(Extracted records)
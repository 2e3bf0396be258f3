/// Where a line of progress stands, and the clock that it goes by. Nothing is promised of either.
pub trait Terminal {
    /// Milliseconds since some moment; `None` where the clock can't be read.
    fn milliseconds(&self) -> Option<u64>;

    /// Writes bytes where the cursor is. What can't be written is lost.
    fn show(&self, bytes: &[u8]);
}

- **Task objective**: Return, line for line and unchanged, the data from its first line through the line containing "fn milliseconds(&self) -> Option<u64>;".

- **Output below**:
repository 2e3bf0396be258f3
/// Where a line of progress stands, and the clock that it goes by. Nothing is promised of either.
pub trait Terminal {
    /// Milliseconds since some moment; `None` where the clock can't be read.
    fn milliseconds(&self) -> Option<u64>;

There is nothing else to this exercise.